Given entries.
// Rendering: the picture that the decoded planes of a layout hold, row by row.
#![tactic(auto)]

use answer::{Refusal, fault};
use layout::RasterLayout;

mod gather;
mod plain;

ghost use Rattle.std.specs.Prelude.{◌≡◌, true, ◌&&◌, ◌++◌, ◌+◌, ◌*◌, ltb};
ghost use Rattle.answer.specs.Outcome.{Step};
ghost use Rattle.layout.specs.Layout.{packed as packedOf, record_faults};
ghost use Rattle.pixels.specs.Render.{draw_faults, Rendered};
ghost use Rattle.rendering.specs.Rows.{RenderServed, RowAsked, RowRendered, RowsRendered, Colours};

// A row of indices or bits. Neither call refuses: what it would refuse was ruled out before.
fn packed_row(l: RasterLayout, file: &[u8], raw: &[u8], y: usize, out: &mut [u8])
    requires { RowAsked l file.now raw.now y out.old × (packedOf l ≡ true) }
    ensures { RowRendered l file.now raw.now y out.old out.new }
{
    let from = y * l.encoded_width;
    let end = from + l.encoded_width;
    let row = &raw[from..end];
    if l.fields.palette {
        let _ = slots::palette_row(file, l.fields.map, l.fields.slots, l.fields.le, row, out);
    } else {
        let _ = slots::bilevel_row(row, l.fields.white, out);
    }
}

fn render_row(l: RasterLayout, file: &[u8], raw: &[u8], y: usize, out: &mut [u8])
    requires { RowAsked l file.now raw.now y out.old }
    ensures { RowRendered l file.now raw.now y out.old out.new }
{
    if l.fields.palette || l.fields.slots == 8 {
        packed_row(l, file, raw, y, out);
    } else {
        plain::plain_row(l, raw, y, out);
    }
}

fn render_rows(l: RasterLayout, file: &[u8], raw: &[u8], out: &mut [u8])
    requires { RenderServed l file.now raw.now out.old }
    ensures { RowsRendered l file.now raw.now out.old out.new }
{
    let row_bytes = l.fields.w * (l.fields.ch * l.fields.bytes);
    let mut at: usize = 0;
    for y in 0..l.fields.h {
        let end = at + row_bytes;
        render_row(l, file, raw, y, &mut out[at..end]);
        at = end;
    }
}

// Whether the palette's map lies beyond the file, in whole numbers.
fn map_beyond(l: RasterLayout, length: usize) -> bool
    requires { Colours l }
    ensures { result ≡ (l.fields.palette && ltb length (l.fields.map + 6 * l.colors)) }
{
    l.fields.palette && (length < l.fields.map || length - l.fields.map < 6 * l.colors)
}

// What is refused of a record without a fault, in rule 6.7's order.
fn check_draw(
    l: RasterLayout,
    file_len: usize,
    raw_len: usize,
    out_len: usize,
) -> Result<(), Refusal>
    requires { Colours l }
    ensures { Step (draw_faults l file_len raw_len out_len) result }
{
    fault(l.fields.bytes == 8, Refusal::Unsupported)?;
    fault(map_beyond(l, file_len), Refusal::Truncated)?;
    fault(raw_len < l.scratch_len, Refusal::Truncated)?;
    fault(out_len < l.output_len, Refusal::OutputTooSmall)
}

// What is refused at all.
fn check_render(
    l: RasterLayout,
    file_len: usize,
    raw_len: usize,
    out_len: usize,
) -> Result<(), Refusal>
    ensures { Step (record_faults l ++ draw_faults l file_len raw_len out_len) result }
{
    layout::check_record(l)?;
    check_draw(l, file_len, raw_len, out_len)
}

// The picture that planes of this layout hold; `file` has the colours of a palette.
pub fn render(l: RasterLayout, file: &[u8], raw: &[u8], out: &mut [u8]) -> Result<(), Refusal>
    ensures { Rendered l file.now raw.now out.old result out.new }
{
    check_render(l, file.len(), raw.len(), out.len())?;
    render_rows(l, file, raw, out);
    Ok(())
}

--

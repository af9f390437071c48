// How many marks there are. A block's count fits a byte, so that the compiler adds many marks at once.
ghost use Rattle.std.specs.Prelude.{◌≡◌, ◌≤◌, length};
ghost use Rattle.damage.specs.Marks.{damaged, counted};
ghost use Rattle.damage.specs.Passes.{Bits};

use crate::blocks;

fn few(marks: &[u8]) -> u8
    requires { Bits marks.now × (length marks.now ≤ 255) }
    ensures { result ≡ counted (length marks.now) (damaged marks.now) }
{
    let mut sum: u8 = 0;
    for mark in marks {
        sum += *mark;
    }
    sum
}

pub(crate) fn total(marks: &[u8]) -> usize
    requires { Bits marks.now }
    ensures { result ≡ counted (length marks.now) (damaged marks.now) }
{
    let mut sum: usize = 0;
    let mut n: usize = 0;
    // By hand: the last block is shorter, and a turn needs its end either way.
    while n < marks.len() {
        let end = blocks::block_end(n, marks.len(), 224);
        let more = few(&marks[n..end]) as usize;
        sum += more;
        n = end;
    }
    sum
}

What the task asks. Look through the records above for the word "colors" and state how many lines contain it, giving the number alone.

Expected answer. 2